───── Records supplied ─────

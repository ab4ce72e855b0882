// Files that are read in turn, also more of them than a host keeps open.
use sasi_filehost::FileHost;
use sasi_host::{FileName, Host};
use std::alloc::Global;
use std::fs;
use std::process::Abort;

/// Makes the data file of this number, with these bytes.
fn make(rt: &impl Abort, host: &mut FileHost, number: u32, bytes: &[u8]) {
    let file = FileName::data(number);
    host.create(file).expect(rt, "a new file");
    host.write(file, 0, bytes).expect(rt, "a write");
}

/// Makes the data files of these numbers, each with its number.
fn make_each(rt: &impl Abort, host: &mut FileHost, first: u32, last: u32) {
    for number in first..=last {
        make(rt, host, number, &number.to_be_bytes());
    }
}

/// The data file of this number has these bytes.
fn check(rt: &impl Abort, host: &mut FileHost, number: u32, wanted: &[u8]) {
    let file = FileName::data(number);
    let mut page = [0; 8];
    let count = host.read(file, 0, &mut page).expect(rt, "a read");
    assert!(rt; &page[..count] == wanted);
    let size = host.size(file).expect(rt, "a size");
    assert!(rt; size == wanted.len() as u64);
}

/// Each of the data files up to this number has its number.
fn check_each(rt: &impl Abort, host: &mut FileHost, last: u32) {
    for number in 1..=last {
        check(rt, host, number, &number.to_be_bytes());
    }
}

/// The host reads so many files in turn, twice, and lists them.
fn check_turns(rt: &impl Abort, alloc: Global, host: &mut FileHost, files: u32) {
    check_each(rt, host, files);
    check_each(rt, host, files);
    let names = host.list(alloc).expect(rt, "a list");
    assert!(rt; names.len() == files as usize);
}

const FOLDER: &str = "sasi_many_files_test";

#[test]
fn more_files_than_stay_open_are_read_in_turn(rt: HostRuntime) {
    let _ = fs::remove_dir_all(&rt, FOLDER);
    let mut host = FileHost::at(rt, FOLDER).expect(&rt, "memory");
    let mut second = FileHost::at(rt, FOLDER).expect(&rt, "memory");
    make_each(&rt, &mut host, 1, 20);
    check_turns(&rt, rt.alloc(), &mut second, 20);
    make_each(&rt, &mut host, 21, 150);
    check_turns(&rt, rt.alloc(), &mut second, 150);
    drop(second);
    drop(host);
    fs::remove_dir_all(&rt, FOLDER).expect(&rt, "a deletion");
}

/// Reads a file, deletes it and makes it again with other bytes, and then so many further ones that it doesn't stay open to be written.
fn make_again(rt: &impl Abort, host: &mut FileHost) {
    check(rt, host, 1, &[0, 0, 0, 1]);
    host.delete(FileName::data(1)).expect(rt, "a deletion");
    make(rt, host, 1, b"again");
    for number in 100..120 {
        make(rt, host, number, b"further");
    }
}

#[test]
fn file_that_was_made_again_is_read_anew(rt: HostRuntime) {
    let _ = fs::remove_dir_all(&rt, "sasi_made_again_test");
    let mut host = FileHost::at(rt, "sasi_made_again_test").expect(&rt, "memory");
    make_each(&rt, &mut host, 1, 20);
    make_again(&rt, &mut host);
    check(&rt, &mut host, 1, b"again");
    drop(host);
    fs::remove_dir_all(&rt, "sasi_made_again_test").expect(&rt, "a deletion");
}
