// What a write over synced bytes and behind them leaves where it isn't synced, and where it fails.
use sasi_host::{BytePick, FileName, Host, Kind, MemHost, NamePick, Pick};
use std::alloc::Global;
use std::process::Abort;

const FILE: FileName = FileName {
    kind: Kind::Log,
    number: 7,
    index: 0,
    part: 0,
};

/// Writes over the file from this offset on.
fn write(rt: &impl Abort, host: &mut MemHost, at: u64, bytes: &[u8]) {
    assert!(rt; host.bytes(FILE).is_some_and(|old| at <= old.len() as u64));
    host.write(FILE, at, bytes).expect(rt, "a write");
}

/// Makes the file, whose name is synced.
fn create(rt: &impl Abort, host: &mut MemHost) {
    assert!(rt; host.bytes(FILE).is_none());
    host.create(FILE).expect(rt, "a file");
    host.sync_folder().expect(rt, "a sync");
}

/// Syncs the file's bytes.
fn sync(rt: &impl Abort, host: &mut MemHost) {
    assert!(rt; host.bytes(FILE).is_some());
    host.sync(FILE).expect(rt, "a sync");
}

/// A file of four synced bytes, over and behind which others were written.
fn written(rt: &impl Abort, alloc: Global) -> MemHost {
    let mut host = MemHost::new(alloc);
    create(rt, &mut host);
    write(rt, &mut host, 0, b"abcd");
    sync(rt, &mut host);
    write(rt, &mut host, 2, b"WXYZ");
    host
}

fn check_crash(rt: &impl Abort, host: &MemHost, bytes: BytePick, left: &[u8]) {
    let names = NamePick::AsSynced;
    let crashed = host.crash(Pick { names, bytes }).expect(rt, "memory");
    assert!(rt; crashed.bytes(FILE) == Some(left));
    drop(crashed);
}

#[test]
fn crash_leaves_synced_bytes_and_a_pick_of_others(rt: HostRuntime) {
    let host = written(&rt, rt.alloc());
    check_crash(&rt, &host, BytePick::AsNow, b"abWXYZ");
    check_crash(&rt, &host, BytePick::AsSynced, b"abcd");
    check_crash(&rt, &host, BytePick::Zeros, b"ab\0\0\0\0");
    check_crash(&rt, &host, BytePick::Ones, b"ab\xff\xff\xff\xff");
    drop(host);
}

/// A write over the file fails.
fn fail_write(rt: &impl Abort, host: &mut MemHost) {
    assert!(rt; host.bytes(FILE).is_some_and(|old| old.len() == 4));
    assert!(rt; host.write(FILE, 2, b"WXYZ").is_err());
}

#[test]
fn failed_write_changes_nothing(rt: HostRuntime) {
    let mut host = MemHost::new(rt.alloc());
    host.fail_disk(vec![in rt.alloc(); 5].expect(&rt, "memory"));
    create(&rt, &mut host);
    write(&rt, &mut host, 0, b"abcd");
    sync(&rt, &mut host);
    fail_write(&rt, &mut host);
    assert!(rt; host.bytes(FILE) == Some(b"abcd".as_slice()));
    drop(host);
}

─────

**About this exercise**
Transcribe every record above exactly.

**Solution below**
repository ab4ce72e855b0882
// Files that are read in turn, also more of them than a host keeps open.
use sasi_filehost::FileHost;
use sasi_host::{FileName, Host};
use std::alloc::Global;
use std::fs;
use std::process::Abort;

/// Makes the data file of this number, with these bytes.
fn make(rt: &impl Abort, host: &mut FileHost, number: u32, bytes: &[u8]) {
    let file = FileName::data(number);
    host.create(file).expect(rt, "a new file");
    host.write(file, 0, bytes).expect(rt, "a write");
}

/// Makes the data files of these numbers, each with its number.
fn make_each(rt: &impl Abort, host: &mut FileHost, first: u32, last: u32) {
    for number in first..=last {
        make(rt, host, number, &number.to_be_bytes());
    }
}

/// The data file of this number has these bytes.
fn check(rt: &impl Abort, host: &mut FileHost, number: u32, wanted: &[u8]) {
    let file = FileName::data(number);
    let mut page = [0; 8];
    let count = host.read(file, 0, &mut page).expect(rt, "a read");
    assert!(rt; &page[..count] == wanted);
    let size = host.size(file).expect(rt, "a size");
    assert!(rt; size == wanted.len() as u64);
}

/// Each of the data files up to this number has its number.
fn check_each(rt: &impl Abort, host: &mut FileHost, last: u32) {
    for number in 1..=last {
        check(rt, host, number, &number.to_be_bytes());
    }
}

/// The host reads so many files in turn, twice, and lists them.
fn check_turns(rt: &impl Abort, alloc: Global, host: &mut FileHost, files: u32) {
    check_each(rt, host, files);
    check_each(rt, host, files);
    let names = host.list(alloc).expect(rt, "a list");
    assert!(rt; names.len() == files as usize);
}

const FOLDER: &str = "sasi_many_files_test";

#[test]
fn more_files_than_stay_open_are_read_in_turn(rt: HostRuntime) {
    let _ = fs::remove_dir_all(&rt, FOLDER);
    let mut host = FileHost::at(rt, FOLDER).expect(&rt, "memory");
    let mut second = FileHost::at(rt, FOLDER).expect(&rt, "memory");
    make_each(&rt, &mut host, 1, 20);
    check_turns(&rt, rt.alloc(), &mut second, 20);
    make_each(&rt, &mut host, 21, 150);
    check_turns(&rt, rt.alloc(), &mut second, 150);
    drop(second);
    drop(host);
    fs::remove_dir_all(&rt, FOLDER).expect(&rt, "a deletion");
}

/// Reads a file, deletes it and makes it again with other bytes, and then so many further ones that it doesn't stay open to be written.
fn make_again(rt: &impl Abort, host: &mut FileHost) {
    check(rt, host, 1, &[0, 0, 0, 1]);
    host.delete(FileName::data(1)).expect(rt, "a deletion");
    make(rt, host, 1, b"again");
    for number in 100..120 {
        make(rt, host, number, b"further");
    }
}

#[test]
fn file_that_was_made_again_is_read_anew(rt: HostRuntime) {
    let _ = fs::remove_dir_all(&rt, "sasi_made_again_test");
    let mut host = FileHost::at(rt, "sasi_made_again_test").expect(&rt, "memory");
    make_each(&rt, &mut host, 1, 20);
    make_again(&rt, &mut host);
    check(&rt, &mut host, 1, b"again");
    drop(host);
    fs::remove_dir_all(&rt, "sasi_made_again_test").expect(&rt, "a deletion");
}
// What a write over synced bytes and behind them leaves where it isn't synced, and where it fails.
use sasi_host::{BytePick, FileName, Host, Kind, MemHost, NamePick, Pick};
use std::alloc::Global;
use std::process::Abort;

const FILE: FileName = FileName {
    kind: Kind::Log,
    number: 7,
    index: 0,
    part: 0,
};

/// Writes over the file from this offset on.
fn write(rt: &impl Abort, host: &mut MemHost, at: u64, bytes: &[u8]) {
    assert!(rt; host.bytes(FILE).is_some_and(|old| at <= old.len() as u64));
    host.write(FILE, at, bytes).expect(rt, "a write");
}

/// Makes the file, whose name is synced.
fn create(rt: &impl Abort, host: &mut MemHost) {
    assert!(rt; host.bytes(FILE).is_none());
    host.create(FILE).expect(rt, "a file");
    host.sync_folder().expect(rt, "a sync");
}

/// Syncs the file's bytes.
fn sync(rt: &impl Abort, host: &mut MemHost) {
    assert!(rt; host.bytes(FILE).is_some());
    host.sync(FILE).expect(rt, "a sync");
}

/// A file of four synced bytes, over and behind which others were written.
fn written(rt: &impl Abort, alloc: Global) -> MemHost {
    let mut host = MemHost::new(alloc);
    create(rt, &mut host);
    write(rt, &mut host, 0, b"abcd");
    sync(rt, &mut host);
    write(rt, &mut host, 2, b"WXYZ");
    host
}

fn check_crash(rt: &impl Abort, host: &MemHost, bytes: BytePick, left: &[u8]) {
    let names = NamePick::AsSynced;
    let crashed = host.crash(Pick { names, bytes }).expect(rt, "memory");
    assert!(rt; crashed.bytes(FILE) == Some(left));
    drop(crashed);
}

#[test]
fn crash_leaves_synced_bytes_and_a_pick_of_others(rt: HostRuntime) {
    let host = written(&rt, rt.alloc());
    check_crash(&rt, &host, BytePick::AsNow, b"abWXYZ");
    check_crash(&rt, &host, BytePick::AsSynced, b"abcd");
    check_crash(&rt, &host, BytePick::Zeros, b"ab\0\0\0\0");
    check_crash(&rt, &host, BytePick::Ones, b"ab\xff\xff\xff\xff");
    drop(host);
}

/// A write over the file fails.
fn fail_write(rt: &impl Abort, host: &mut MemHost) {
    assert!(rt; host.bytes(FILE).is_some_and(|old| old.len() == 4));
    assert!(rt; host.write(FILE, 2, b"WXYZ").is_err());
}

#[test]
fn failed_write_changes_nothing(rt: HostRuntime) {
    let mut host = MemHost::new(rt.alloc());
    host.fail_disk(vec![in rt.alloc(); 5].expect(&rt, "memory"));
    create(&rt, &mut host);
    write(&rt, &mut host, 0, b"abcd");
    sync(&rt, &mut host);
    fail_write(&rt, &mut host);
    assert!(rt; host.bytes(FILE) == Some(b"abcd".as_slice()));
    drop(host);
}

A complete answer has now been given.